Allyrie leaned forward and let her wings lift and spread. Soon their gauzy pink gossamer edges were touching the dome of the vehicle she rode. She wished the Nax.v had a little more curvature, so she wouldn’t have to tuck her wings into the loop behind her deck all the time. There were Mazlian beings with wings after all, when they designed the Nax.v, why had no one thought of that?
Up ahead, the Zedan Exit was coming into view, Allyrie raised the Nax.v’s energy to make the pass. She’d decided Aztan and Goran Exits were veered away from the Darkness, it might be a faster path via Zedan. The Nax.v surged ahead.
Erden appeared on the viewing stage lodged in the dome.
“Allyrie, argen!” he greeted her. His añga image, a perfect recreation of every outer visible speck of his being was mapped on the stage. The añ-rays were lucent. Erden walked over to the edge of the stage.
“Argen!
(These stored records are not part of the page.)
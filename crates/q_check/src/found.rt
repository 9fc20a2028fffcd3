//! The worst of what was found.
ghost use Rattle.std.specs.Prelude.{◌≡◌};
ghost use Rattle.q_check.specs.Worst.{worse_of, worst_of};

use q_conf::ConfFile;
use q_model::{Area, Name, Spot};

/// The worst of what was found: that for which a life on the spool would be refused first.
#[derive(Clone, Copy, Debug, PartialEq, Eq)]
pub enum Found {
    /// Nothing for which a life would be refused, but perhaps that every generation was used.
    Nothing,
    /// This line of the file, counted from 1, breaks its form.
    BadConf { file: ConfFile, line: u64 },
    /// The files contradict one another, and this one is named (`OpenError` of q_restart).
    Damaged { area: Area, name: Name },
}

/// A fault of the table, else a damage.
fn worse_of(table: Option<u64>, damage: &Option<Spot>) -> Found
    ensures { result ≡ worse_of table damage.now }
{
    if let Some(line) = table {
        return Found::BadConf {
            file: ConfFile::Table,
            line,
        };
    }
    match damage {
        Some(spot) => Found::Damaged {
            area: spot.area,
            name: spot.name,
        },
        None => Found::Nothing,
    }
}

/// A fault of the parameters, else one of the table, else a damage.
pub(crate) fn worst_of(params: Option<u64>, table: Option<u64>, damage: &Option<Spot>) -> Found
    ensures { result ≡ worst_of params table damage.now }
{
    if let Some(line) = params {
        return Found::BadConf {
            file: ConfFile::Parameters,
            line,
        };
    }
    worse_of(table, damage)
}
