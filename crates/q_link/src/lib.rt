//! Connections to SMTP servers, and the hops that open them. One thread serves many links: a read
//! or a write that would wait answers so at once.
//!
//! A contract sees of a link how often it failed, whether it waits, whether it ended, whether it was
//! read or written on behind its end or a failure, and, where it tells, what came and went over it; of
//! the hops their counts and, where they tell, a record for
//! each link that was closed. Links in memory, which follow scripts, tell; a system's can't.
//!
//! It is an error to read into an empty buffer, to write no bytes, and to rest for a link that
//! doesn't wait.
#![tactic(auto)]

mod closed_link;
mod hops;
mod link;
mod link_wait;
mod piece;
mod route;
mod script;
mod script_hops;
mod script_link;
mod usage;

pub use hops::{Hops, NoLink};
pub use link::{Got, Link, Put};
pub use route::address_of;
pub use script_hops::ScriptHops;
pub use script_link::ScriptLink;
pub use usage::Usage;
I’m taking Zedan, as you can see,” Allyrie replied.
“Are you prepared for the Gamsh, allyrie?” Erden asked, the exit was simple from this side, but beyond it lay Gamsh Marize, the cloud, a dense billowy maze of fluid and myth particles.
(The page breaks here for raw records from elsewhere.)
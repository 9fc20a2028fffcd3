//! What a part of a line says, beside the values that event lists have too.
ghost use Rattle.std.specs.Prelude.{◌≡◌, ◌<◌, bytes_eq, length, true};
ghost use Rattle.q_model.specs.Text.{transport_text};
ghost use Rattle.q_model.specs.Texts.{is_hop};
ghost use Rattle.q_trace.specs.PartTexts.{hop_of, id_of, transport_of, why_of_text};
ghost use Rattle.q_transport.specs.Routing.{table_of};

use q_model::{Hop, Id, Name, Why, id_of};
use q_transport::Table;

pub(crate) fn id(text: &[u8]) -> Option<Id>
    ensures { result ≡ id_of text.now }
{
    id_of(Name::new(text)?)
}

fn is_name(table: &Table, number: u8, text: &[u8]) -> bool
    requires { number < length (table_of table.now).transports }
    ensures exact { result ≡ bytes_eq (transport_text (table_of table.now) number) text.now }
    ensures form { is_hop (transport_text (table_of table.now) number) ≡ true }
{
    table.transport_name(number).bytes() == text
}

/// The number of a transport, by its name.
pub(crate) fn transport(text: &[u8], table: &Table) -> Option<u8>
    ensures { result ≡ transport_of (table_of table.now) text.now }
{
    for number in 0..table.transports() {
        if is_name(table, number, text) {
            return Some(number);
        }
    }
    None
}

pub(crate) fn hop(text: &[u8]) -> Option<Hop>
    ensures { result ≡ hop_of text.now }
{
    Hop::new(text)
}

pub(crate) fn why(text: &[u8]) -> Option<Why>
    ensures { result ≡ why_of_text text.now }
{
    if text == b"refused".as_slice() {
        Some(Why::Refused)
    } else if text == b"expired".as_slice() {
        Some(Why::Expired)
    } else {
        None
    }
}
“Jaknixda! Don’t worry, Erden!” Allyrie smiled, “You’re such a worrier. I’ve asked the Caurdion Gale to stand by. Zemash! All will be well!”
The Caurdion Gale was a posse of Mazlian guards, adept at tackling Gamsh Marize. Allyrie knew many of them well; as a van nax.finder, she was in and out of Mazlian all the time, and the Caurdion Gale was stationed at several exits.
“The grids believe ahmzagantverta… i am opposing veracity,” Erden said evenly.
“You could be. Dakboranya… but you heard the call, didn’t you?” Allyrie replied just as smoothly.
Erden remained on the viewing stage though he said nothing.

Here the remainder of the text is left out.